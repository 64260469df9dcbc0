//! The elements of an array.
ghost use Rattle.std.specs.Prelude.{IfOk, IfSome};
ghost use Rattle.trace_reader.specs.Plain.{AreElements};

use crate::fault::LineCause;
use crate::look::field;
use crate::plain::scalars::scalar;
use crate::plain::texts::after_spaces;
use std::alloc::{AllocError, Global};
use trace_types::kinds::Field;

/// The elements of an array of which the opening bracket was read, and what comes after the closing one.
pub fn elements(
    alloc: Global,
    text: &[u8],
) -> Result<Option<(Vec<Result<Field, LineCause>>, &[u8])>, AllocError>
    ensures { IfOk result (λ read. IfSome read
        (λ found. AreElements text.now found.0.items found.1.now)) }
{
    let mut found = Vec::new(alloc);
    let mut rest = after_spaces(text);
    if let [b']', after @ ..] = rest {
        return Ok(Some((found, after)));
    }
    'elements: loop {
        let Some((seen, after)) = scalar(rest) else {
            return Ok(None);
        };
        found.push(field(seen))?;
        match after_spaces(after) {
            [b',', next @ ..] => rest = after_spaces(next),
            [b']', next @ ..] => return Ok(Some((found, next))),
            _ => return Ok(None),
        }
    }
}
================
▶ [The task]: Would you set down the full listing exactly as it reads?

▶ [Answer box]:
repository 64260469df9dcbc0
//! The elements of an array.
ghost use Rattle.std.specs.Prelude.{IfOk, IfSome};
ghost use Rattle.trace_reader.specs.Plain.{AreElements};

use crate::fault::LineCause;
use crate::look::field;
use crate::plain::scalars::scalar;
use crate::plain::texts::after_spaces;
use std::alloc::{AllocError, Global};
use trace_types::kinds::Field;

/// The elements of an array of which the opening bracket was read, and what comes after the closing one.
pub fn elements(
    alloc: Global,
    text: &[u8],
) -> Result<Option<(Vec<Result<Field, LineCause>>, &[u8])>, AllocError>
    ensures { IfOk result (λ read. IfSome read
        (λ found. AreElements text.now found.0.items found.1.now)) }
{
    let mut found = Vec::new(alloc);
    let mut rest = after_spaces(text);
    if let [b']', after @ ..] = rest {
        return Ok(Some((found, after)));
    }
    'elements: loop {
        let Some((seen, after)) = scalar(rest) else {
            return Ok(None);
        };
        found.push(field(seen))?;
        match after_spaces(after) {
            [b',', next @ ..] => rest = after_spaces(next),
            [b']', next @ ..] => return Ok(Some((found, next))),
            _ => return Ok(None),
        }
    }
}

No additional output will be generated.